Pull each line holding "named" out of the entries below.

§ **Saved entries**:

++++++++++

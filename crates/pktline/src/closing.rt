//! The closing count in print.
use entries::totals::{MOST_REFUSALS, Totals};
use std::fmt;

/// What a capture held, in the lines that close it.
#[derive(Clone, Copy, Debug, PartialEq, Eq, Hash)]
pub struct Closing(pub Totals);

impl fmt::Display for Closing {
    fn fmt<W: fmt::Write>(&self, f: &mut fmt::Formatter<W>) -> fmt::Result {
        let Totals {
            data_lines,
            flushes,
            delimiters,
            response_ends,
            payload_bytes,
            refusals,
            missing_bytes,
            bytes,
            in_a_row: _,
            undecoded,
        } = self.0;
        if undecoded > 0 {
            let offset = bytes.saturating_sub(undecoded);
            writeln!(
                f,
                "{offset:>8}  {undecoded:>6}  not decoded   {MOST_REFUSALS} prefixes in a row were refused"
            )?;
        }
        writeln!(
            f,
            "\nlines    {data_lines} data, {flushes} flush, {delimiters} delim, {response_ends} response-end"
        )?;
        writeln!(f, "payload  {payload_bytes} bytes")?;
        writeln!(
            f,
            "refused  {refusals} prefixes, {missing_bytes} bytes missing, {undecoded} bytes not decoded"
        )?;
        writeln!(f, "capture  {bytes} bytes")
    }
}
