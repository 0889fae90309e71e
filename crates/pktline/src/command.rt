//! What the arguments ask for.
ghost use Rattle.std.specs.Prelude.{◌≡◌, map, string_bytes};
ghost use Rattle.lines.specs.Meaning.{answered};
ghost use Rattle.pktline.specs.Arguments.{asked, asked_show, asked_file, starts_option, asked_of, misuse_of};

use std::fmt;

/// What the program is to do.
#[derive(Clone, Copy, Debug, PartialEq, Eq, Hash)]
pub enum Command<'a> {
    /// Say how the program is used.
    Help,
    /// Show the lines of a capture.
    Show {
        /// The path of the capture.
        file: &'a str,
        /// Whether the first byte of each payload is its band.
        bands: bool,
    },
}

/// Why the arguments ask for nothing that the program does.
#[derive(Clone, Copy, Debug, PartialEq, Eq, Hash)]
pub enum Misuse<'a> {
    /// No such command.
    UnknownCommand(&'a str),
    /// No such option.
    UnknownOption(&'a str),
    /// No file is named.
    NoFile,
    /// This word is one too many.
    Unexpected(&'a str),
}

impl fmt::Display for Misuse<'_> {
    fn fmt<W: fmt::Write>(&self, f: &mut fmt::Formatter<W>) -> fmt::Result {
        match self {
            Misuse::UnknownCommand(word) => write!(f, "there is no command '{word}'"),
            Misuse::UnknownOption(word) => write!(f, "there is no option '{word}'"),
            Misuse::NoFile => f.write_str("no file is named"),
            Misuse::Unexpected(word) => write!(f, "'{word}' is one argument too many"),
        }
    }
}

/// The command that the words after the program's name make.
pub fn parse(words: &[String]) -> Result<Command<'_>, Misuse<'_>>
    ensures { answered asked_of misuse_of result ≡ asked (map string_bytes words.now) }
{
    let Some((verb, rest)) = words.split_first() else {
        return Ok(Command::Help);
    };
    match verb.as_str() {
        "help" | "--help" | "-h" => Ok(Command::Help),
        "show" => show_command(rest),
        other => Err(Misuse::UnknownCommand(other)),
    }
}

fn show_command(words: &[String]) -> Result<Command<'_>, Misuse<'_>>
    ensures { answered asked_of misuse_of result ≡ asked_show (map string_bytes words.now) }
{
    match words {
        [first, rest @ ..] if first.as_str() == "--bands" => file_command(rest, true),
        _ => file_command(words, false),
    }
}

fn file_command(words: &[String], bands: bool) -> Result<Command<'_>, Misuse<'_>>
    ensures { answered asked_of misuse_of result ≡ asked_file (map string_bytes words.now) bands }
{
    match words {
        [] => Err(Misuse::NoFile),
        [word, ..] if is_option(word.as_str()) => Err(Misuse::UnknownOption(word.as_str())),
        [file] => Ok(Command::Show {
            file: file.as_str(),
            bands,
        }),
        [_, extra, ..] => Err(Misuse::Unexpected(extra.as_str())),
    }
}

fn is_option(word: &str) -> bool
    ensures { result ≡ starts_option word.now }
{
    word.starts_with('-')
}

++++++++++

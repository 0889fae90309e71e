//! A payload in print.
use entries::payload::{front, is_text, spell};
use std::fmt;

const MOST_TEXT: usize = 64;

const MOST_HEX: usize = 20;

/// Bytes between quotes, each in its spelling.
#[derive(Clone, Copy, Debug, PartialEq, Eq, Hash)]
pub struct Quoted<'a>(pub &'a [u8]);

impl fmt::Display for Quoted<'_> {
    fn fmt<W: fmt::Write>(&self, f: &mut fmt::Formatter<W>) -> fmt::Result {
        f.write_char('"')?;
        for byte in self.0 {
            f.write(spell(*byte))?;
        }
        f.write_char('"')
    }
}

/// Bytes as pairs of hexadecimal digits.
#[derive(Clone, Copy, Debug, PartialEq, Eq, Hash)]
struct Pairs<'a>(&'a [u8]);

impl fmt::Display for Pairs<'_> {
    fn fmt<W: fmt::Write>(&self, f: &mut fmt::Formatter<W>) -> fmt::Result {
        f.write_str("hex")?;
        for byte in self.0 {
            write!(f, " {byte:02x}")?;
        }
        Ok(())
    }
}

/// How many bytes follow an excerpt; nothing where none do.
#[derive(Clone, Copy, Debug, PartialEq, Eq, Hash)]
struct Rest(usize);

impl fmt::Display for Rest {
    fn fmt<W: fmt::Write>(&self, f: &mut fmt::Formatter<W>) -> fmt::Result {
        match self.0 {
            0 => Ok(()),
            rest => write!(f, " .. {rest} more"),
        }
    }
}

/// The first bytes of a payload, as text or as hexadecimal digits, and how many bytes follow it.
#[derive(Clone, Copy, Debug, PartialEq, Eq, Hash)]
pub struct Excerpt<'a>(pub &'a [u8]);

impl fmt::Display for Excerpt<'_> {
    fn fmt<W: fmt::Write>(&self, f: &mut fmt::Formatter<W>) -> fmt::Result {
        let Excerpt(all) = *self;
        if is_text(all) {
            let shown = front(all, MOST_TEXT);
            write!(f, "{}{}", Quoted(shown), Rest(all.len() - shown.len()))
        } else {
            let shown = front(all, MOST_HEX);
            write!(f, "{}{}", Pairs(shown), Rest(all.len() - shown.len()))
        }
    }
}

++++++++++

§ **Solution to this exercise**:
    /// No file is named.
            Misuse::NoFile => f.write_str("no file is named"),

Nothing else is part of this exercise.